● What you have to do
Each line of the records that includes "crate" should be found and copied.

● Extracted records
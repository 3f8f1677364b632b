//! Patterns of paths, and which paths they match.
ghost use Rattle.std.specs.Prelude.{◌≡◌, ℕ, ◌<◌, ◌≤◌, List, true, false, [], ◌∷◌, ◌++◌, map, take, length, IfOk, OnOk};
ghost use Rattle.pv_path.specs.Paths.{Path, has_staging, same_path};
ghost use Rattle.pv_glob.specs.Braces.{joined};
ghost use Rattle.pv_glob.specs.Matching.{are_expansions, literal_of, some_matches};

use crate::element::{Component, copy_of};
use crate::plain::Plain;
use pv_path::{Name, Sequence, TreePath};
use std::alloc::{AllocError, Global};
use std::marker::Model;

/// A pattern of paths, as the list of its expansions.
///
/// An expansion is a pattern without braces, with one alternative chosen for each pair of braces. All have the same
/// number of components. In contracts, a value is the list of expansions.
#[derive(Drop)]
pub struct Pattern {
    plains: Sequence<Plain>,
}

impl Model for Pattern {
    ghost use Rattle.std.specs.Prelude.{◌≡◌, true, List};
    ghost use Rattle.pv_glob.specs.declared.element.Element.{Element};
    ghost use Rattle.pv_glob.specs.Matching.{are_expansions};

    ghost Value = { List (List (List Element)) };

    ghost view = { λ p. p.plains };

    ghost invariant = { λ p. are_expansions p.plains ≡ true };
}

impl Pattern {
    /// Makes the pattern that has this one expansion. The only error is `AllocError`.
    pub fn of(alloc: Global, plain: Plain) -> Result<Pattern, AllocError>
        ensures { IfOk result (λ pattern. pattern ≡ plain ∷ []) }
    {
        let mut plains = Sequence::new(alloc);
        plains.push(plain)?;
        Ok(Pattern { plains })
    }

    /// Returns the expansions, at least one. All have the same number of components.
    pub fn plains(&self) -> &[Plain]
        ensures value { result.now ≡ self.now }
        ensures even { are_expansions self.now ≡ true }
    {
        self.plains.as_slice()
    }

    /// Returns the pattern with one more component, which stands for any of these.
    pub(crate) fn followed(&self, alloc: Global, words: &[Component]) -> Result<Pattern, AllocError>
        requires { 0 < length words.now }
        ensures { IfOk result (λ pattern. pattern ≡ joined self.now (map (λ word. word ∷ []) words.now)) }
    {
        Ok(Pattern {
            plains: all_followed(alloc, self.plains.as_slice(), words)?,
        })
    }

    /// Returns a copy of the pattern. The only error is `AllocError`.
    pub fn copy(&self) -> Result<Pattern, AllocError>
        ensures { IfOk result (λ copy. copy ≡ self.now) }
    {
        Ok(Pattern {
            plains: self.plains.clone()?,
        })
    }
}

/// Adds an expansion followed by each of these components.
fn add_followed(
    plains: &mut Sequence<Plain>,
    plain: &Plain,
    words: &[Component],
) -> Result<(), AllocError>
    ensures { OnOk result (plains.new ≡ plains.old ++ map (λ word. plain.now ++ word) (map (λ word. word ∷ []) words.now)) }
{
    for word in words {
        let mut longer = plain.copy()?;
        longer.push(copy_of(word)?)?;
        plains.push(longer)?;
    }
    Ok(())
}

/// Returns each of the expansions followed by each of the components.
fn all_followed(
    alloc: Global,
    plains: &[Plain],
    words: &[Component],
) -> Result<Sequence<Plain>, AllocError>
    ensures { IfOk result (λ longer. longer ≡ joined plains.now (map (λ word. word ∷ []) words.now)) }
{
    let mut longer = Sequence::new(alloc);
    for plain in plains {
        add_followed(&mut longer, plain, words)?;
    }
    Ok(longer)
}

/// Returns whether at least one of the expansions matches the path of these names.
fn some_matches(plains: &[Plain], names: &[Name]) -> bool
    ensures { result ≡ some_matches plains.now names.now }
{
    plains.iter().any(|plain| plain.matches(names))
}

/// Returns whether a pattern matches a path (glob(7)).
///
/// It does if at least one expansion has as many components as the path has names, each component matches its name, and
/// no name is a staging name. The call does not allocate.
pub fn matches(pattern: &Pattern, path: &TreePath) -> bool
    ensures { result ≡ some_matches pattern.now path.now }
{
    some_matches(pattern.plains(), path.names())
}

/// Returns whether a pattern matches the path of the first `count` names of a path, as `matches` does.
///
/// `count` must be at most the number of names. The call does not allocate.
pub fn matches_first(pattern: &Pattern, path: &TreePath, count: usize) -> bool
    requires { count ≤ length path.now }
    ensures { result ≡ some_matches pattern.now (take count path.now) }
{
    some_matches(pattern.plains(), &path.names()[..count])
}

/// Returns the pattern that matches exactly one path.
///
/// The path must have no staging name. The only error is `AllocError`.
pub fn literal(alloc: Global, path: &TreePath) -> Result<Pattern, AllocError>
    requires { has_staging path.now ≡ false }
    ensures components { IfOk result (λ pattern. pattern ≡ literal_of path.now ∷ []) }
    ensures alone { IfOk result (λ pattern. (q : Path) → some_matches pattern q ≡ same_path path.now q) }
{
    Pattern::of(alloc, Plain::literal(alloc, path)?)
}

● Solution for this exercise
use crate::element::{Component, copy_of};
use crate::plain::Plain;
    pub(crate) fn followed(&self, alloc: Global, words: &[Component]) -> Result<Pattern, AllocError>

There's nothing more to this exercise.